Datum uitspraak:
Datum publicatie:
Zaaknummer:
Soort procedure:
Zittingsplaats:
Instantie:

Inhoudsindicatie:

Leerling verpleegkundige krijgt kort voor het einde van de opleiding een negatief bindend studieadvies en moet de opleiding beëindigen.

Zij maakt de opleiding elders af.

Vordering tot schadevergoeding wegens onrechtmatig handelen van opleidingsinstituut wordt afgewezen. Opleiding heeft haar eigen opleidingsstatuut correct gevolgd en toegepast.

Uitspraak



RECHTBANK LIMBURG

Burgerlijk recht

Zittingsplaats Roermond

Zaaknummer: 5461301 \ CV EXPL 16-10005

Vonnis van de kantonrechter van 29 maart 2017

in de zaak van:

[eisende partij] ,

wonend [adres eisende partij] ,

[woonplaats eisende partij] ,

eisende partij,

gemachtigde mr. M.J. van Weersch (DAS Rechtsbijstand),

tegen:

de stichting STICHTING GILDE OPLEIDINGEN,

gevestigd te Roermond,

gedaagde partij,

gemachtigde mr. M.J.J. Smeets.

Partijen worden verder in dit vonnis aangeduid als [eisende partij] en Gilde.

1 De procedure

1.1.

Het verloop van de procedure blijkt uit:

de dagvaarding

de conclusie van antwoord

de beslissing waarbij een comparitie van partijen is bepaald

de comparitie van 20 februari 2017.

1.2.

Ten slotte is vonnis bepaald.

2 De feiten

2.1.

[eisende partij] is op 1 augustus 2012 bij de door Gilde geëxploiteerde onderwijsinstelling aangevangen met een opleiding tot MBO Verpleegkundige niveau 4 op basis van een onderwijsovereenkomst. Deze onderwijsovereenkomst had een looptijd van 1 augustus 2012 tot en met 31 juli 2013 en is vervolgens verlengd tot respectievelijk 31 juli 2014 en 31 januari 2015. In de onderwijsovereenkomst wordt verwezen naar het Deelnemersstatuut van Gilde, dat onderdeel uitmaakt van de overeenkomst.

2.2.

Gelijktijdig kwam er een overeenkomst beroepspraktijkvorming tot stand tussen [eisende partij] , Gilde en het VieCuri Medisch Centrum voor Noord-Limburg, (hierna: VieCuri) ingaande 1 augustus 2012 en eindigend op 30 juni 2014. Deze overeenkomst werd stilzwijgend voortgezet.

2.3.

Voorts is tussen [eisende partij] en VieCuri een leer-/arbeidsovereenkomst tot stand gekomen op grond waarvan [eisende partij] per 1 augustus 2012 in dienst is getreden van VieCuri in de functie van leerling verpleegkundige.
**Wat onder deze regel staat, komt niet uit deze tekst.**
//! READ without UPDATE.

ghost use Rattle.std.specs.Prelude.{◌≡◌, IsTrue, IfOk, false};
ghost use Rattle.cics_browse.specs.Positions.{is_asked_for};
ghost use Rattle.cics_ksds.specs.Files.{key_of, fits_file};
ghost use Rattle.cics_dispatch.specs.Machine.Replies.{read_told, plain, giving, cut};

use crate::machine::outcomes::Reply;
use cics_ksds::{File, FileDef};
use cics_names::{Condition, NoMemory, Record, Verb};

/// Returns a reply of a condition alone.
pub fn plain_reply(condition: Condition) -> Reply
    ensures { result ≡ plain condition }
{
    Reply {
        condition,
        key: None,
        content: None,
        number: None,
    }
}

// Returns whether a record has the key, or if generic a key that begins with it.
fn is_wanted(definition: FileDef, found: &Record, key: &[u8], generic: bool) -> bool
    requires { IsTrue (fits_file definition found.now) }
    ensures { result ≡ is_asked_for key.now generic (key_of definition found.now) }
{
    let own = definition.key_in(found.bytes());
    if generic {
        own.starts_with(key)
    } else {
        key.cmp(&own).is_eq()
    }
}

// Returns the reply with a copy of a record. If LENGTH is below its length, that is LENGERR, with
// its first bytes.
fn reply_giving(found: &Record, length: Option<u64>) -> Result<Reply, NoMemory>
    ensures { IfOk result (λ reply. reply ≡ cut length (giving found.now)) }
{
    let (condition, content) = match length {
        Some(length) if length < found.bytes().len() as u64 => {
            (Condition::Lengerr, found.part(0, length as usize)?)
        }
        _ => (Condition::Normal, found.copy()?),
    };
    Ok(Reply {
        condition,
        key: None,
        content: Some(content),
        number: None,
    })
}

/// Returns the reply to a READ that is executed without UPDATE, and INVREQ for another verb. Only
/// the copy of the record found takes memory.
pub fn read_plain(file: &File, verb: &Verb) -> Result<Reply, NoMemory>
    ensures { IfOk result (λ reply. reply ≡ read_told file.now.records verb.now) }
{
    let Verb::Read {
        ridfld,
        length,
        generic,
        gteq,
        ..
    } = verb
    else {
        return Ok(plain_reply(Condition::Invreq));
    };
    let key = ridfld.bytes();
    let Some(found) = file.first_from(key, false) else {
        return Ok(plain_reply(Condition::Notfnd));
    };
    if *gteq || is_wanted(file.definition(), found, key, *generic) {
        reply_giving(found, *length)
    } else {
        Ok(plain_reply(Condition::Notfnd))
    }
}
De overeenkomst is aangegaan voor de duur van de opleiding, maar eindigt uiterlijk 1 juli 2015. In artikel 4 van het arbeidscontract is opgenomen dat na diplomering de leer- /arbeidsovereenkomst voor bepaalde tijd wordt omgezet in een arbeidsovereenkomst voor onbepaalde tijd in de functie van verpleegkundige.

2.4.

Op grond van artikel 17 van het contract eindigt de arbeidsovereenkomst onder meer door het eindigen van de onderwijsovereenkomst en/of de overeenkomst beroepspraktijkvorming tussen de leerling en Gilde.

2.5.

Gilde heeft op 27 januari 2015 aan [eisende partij] een negatief bindend studieadvies verstrekt, dat bij brief van 2 maart 2015 is bevestigd. Op 29 januari 2015 heeft Gilde aan [eisende partij] meegedeeld dat de leer-/arbeidsovereenkomst van rechtswege is geëindigd, omdat zij is moeten stoppen met de opleiding.

2.6.

[eisende partij] maakt op 5 maart 2015 gebruik van de mogelijkheid bij de sectordirecteur Zorg en Welzijn van Gilde, de heer [X] , om tegen het negatief bindend studieadvies bezwaar te maken. [X] voornoemd verklaart bij brief van 5 juni 2015 het bezwaar ongegrond en verwijst [eisende partij] naar de klachtencommissie van Gilde.

2.7.

[eisende partij] dient vervolgens op 9 juli 2015 een klacht in bij de Algemene Klachtencommissie van Gilde. [eisende partij] wordt vervolgens uitgenodigd voor de zitting van de Klachtencommissie op 11 september 2015.

2.8.

[eisende partij] gaat intussen op zoek naar een ander opleidingsinstituut waar zij haar opleiding alsnog kan afronden. Summa College te Eindhoven is bereid [eisende partij] haar opleiding te laten voltooien onder de voorwaarde dat zij Summa zal informeren over de door haar bij Gilde behaalde studieresultaten.

2.9.

Ter zitting van de klachtencommissie van 11 september 2015 maken partijen de afspraak dat Gilde een voorstel zal uitwerken met betrekking tot het alsnog afronden van de opleiding bij Gilde. [eisende partij] wil dat voorstel van Gilde afzetten tegen het voorstel van Summa en dan kiezen bij welke opleiding zij haar studie zal voortzetten.

2.10.

[eisende partij] besluit uiteindelijk om de opleiding af te maken bij Summa College te Eindhoven. Zij behaalt op 10 maart 2016 haar diploma MBO-verpleegkundige op niveau 4 en treedt per 1 mei 2016 in dienst bij het Laurentius Ziekenhuis te Roermond.

3 Het geschil

3.1.

[eisende partij] maakt Gilde in essentie twee verwijten.

In de eerste plaats stelt [eisende partij] zich op het standpunt dat Gilde toerekenbaar tekort is geschoten in de nakoming van de onderwijsovereenkomst met [eisende partij] . Gilde heeft in strijd met haar eigen protocollen een bindend negatief studieadvies afgegeven. Daarnaast is het, in de woorden van [eisende partij] , ridicuul om een bindend negatief studieadvies te verstrekken aan een leerling die zich in de allerlaatste fase van de opleiding bevindt en tot dat moment aan alle opleidingsvereisten heeft voldaan.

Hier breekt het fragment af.